INSTRUCTIONS FOR THE TASK: Only the number is wanted: how many lines below contain "innermost"?

DATASET EXTRACT:
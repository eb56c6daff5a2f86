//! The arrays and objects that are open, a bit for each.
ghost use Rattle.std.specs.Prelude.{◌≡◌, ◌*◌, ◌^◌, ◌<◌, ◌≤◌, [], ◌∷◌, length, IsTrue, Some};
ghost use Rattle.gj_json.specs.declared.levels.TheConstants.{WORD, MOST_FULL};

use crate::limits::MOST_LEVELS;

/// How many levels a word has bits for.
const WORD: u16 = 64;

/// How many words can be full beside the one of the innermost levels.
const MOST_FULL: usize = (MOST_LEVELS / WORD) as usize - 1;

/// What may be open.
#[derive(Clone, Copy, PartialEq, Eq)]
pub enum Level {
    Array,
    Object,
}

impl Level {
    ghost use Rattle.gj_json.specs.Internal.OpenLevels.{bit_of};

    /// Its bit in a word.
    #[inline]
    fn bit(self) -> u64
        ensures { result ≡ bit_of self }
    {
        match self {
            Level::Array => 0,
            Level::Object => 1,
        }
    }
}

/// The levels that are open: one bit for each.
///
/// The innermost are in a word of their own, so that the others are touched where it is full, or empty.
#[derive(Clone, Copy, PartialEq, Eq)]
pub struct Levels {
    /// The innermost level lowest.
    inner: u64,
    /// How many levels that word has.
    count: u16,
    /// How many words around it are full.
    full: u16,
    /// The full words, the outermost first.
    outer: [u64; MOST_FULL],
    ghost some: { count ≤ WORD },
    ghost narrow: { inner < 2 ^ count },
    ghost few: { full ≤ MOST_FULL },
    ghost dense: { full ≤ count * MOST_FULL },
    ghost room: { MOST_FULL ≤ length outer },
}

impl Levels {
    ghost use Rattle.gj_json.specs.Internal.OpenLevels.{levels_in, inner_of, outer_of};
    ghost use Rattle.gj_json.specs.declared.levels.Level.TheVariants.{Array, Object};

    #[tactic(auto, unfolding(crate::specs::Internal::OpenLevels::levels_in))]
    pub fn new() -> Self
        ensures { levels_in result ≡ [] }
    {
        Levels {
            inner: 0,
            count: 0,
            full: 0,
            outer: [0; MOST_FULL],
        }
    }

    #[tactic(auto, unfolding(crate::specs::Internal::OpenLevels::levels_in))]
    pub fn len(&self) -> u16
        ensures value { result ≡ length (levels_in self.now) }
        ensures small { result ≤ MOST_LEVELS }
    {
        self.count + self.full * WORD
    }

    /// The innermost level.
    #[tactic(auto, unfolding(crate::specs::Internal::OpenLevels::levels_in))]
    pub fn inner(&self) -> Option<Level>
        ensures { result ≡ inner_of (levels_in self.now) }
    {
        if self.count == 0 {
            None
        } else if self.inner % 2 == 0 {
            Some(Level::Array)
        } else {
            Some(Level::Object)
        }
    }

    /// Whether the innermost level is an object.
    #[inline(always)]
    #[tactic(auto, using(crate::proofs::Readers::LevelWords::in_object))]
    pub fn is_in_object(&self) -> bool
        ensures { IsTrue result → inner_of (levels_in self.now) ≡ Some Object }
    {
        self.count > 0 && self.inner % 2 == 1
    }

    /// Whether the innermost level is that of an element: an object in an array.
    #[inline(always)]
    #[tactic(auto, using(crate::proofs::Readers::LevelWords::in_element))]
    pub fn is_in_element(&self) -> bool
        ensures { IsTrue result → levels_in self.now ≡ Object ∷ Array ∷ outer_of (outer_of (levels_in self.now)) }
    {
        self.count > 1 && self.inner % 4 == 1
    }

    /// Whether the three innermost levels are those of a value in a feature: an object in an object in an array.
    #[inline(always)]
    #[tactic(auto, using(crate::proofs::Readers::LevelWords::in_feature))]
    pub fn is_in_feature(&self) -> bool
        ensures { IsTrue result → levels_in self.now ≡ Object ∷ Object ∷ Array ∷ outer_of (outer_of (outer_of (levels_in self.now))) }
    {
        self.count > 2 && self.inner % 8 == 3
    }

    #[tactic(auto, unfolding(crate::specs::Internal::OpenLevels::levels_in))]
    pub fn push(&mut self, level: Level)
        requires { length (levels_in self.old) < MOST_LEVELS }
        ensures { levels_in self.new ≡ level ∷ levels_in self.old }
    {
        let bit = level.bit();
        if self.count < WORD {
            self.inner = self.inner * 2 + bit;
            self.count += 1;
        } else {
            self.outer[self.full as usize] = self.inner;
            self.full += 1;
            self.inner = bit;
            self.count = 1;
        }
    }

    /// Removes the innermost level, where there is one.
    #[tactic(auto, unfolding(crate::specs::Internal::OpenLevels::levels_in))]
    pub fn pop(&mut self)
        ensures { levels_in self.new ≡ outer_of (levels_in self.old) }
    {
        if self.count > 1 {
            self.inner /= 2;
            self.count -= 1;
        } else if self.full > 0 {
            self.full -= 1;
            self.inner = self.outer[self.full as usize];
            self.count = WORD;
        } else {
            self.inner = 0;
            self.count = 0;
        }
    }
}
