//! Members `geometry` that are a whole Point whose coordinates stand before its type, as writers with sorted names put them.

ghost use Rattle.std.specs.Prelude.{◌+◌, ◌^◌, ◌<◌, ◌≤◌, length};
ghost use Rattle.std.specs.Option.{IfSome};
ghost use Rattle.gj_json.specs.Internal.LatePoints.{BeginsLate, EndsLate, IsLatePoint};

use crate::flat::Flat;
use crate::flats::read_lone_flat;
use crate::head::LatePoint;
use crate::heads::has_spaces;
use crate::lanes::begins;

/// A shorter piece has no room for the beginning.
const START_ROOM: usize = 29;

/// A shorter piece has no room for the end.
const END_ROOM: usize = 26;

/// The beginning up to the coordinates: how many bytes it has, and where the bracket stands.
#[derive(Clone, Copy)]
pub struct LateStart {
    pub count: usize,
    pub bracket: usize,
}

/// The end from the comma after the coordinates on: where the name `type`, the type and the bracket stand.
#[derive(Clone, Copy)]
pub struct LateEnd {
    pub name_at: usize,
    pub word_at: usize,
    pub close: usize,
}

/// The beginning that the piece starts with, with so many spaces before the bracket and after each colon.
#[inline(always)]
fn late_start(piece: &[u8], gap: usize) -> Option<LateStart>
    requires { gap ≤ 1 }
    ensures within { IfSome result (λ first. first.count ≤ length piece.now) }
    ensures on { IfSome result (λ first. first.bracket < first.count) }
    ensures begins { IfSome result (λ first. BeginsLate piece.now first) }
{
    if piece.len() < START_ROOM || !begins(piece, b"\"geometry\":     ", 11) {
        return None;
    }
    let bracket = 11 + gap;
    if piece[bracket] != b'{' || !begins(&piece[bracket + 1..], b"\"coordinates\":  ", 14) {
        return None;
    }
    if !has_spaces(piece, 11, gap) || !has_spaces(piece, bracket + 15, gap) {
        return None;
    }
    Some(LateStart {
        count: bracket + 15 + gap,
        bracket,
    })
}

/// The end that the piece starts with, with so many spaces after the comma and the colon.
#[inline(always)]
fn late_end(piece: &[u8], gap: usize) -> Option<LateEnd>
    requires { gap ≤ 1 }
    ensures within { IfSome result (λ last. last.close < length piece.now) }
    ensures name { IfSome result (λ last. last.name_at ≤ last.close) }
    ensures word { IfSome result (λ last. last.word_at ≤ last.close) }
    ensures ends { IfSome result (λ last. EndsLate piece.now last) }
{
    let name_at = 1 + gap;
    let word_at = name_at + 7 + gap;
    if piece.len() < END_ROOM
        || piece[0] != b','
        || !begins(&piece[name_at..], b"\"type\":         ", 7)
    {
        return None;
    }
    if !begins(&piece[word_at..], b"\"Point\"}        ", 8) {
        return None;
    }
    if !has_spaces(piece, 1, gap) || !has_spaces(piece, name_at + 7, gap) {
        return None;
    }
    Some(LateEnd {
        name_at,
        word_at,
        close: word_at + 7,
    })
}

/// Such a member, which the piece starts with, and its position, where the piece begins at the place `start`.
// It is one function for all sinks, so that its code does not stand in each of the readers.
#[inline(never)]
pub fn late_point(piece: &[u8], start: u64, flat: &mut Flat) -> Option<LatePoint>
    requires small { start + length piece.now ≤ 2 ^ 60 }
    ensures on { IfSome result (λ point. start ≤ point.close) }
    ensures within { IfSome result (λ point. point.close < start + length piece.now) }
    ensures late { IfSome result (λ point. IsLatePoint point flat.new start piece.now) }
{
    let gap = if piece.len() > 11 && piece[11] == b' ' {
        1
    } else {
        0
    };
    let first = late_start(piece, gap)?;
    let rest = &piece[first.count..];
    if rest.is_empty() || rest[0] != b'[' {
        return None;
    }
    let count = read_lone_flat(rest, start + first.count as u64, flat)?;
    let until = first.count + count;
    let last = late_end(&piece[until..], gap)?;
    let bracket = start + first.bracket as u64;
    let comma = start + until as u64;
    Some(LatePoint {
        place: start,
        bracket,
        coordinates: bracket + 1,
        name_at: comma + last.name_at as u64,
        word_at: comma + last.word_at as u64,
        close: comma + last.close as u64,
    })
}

TASK OUTPUT: 8